Saved data entries.
#####

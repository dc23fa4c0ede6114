// The program: it makes each call that takes an allocator and that no request makes, twice, on the same arguments, and
// prints what it answers. If one allocation fails, the call that made it reports out of memory. The same call, made the
// other time, answers as without fault, and so do all others.
#![tactic(auto)]

mod arguments;
mod lines;
mod templates;
mod types;

use arguments::{Arguments, make_arguments};
use lines::Lines;
use std::alloc::AllocError;
use std::io::Write;
use std::process::ExitCode;

/// The exit status if there is no memory for the arguments.
const NO_ARGUMENTS: u8 = 3;

fn main(rt: HostRuntime) -> ExitCode {
    let mut lines = Lines {
        alloc: rt.alloc(),
        output: rt.stdout(),
        is_whole: true,
    };
    let arguments = make_arguments(lines.alloc);
    let status = print_all(&mut lines, &arguments);
    drop(arguments);
    status
}

/// Prints each call twice if there are arguments.
fn print_all<W: Write>(
    lines: &mut Lines<W>,
    arguments: &Result<Arguments, AllocError>,
) -> ExitCode {
    let Ok(arguments) = arguments else {
        return ExitCode::from(NO_ARGUMENTS);
    };
    print_calls(lines, arguments);
    print_calls(lines, arguments);
    ExitCode::from(u8::from(!lines.is_whole))
}

fn print_calls<W: Write>(lines: &mut Lines<W>, arguments: &Arguments) {
    types::print_types(lines, arguments);
    templates::print_templates(lines, &arguments.templates);
}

#####

Assigned task. Each line of the data must be retyped exactly as written.

Expected output.
repository dc23fa4c0ede6114
// The program: it makes each call that takes an allocator and that no request makes, twice, on the same arguments, and
// prints what it answers. If one allocation fails, the call that made it reports out of memory. The same call, made the
// other time, answers as without fault, and so do all others.
#![tactic(auto)]

mod arguments;
mod lines;
mod templates;
mod types;

use arguments::{Arguments, make_arguments};
use lines::Lines;
use std::alloc::AllocError;
use std::io::Write;
use std::process::ExitCode;

/// The exit status if there is no memory for the arguments.
const NO_ARGUMENTS: u8 = 3;

fn main(rt: HostRuntime) -> ExitCode {
    let mut lines = Lines {
        alloc: rt.alloc(),
        output: rt.stdout(),
        is_whole: true,
    };
    let arguments = make_arguments(lines.alloc);
    let status = print_all(&mut lines, &arguments);
    drop(arguments);
    status
}

/// Prints each call twice if there are arguments.
fn print_all<W: Write>(
    lines: &mut Lines<W>,
    arguments: &Result<Arguments, AllocError>,
) -> ExitCode {
    let Ok(arguments) = arguments else {
        return ExitCode::from(NO_ARGUMENTS);
    };
    print_calls(lines, arguments);
    print_calls(lines, arguments);
    ExitCode::from(u8::from(!lines.is_whole))
}

fn print_calls<W: Write>(lines: &mut Lines<W>, arguments: &Arguments) {
    types::print_types(lines, arguments);
    templates::print_templates(lines, &arguments.templates);
}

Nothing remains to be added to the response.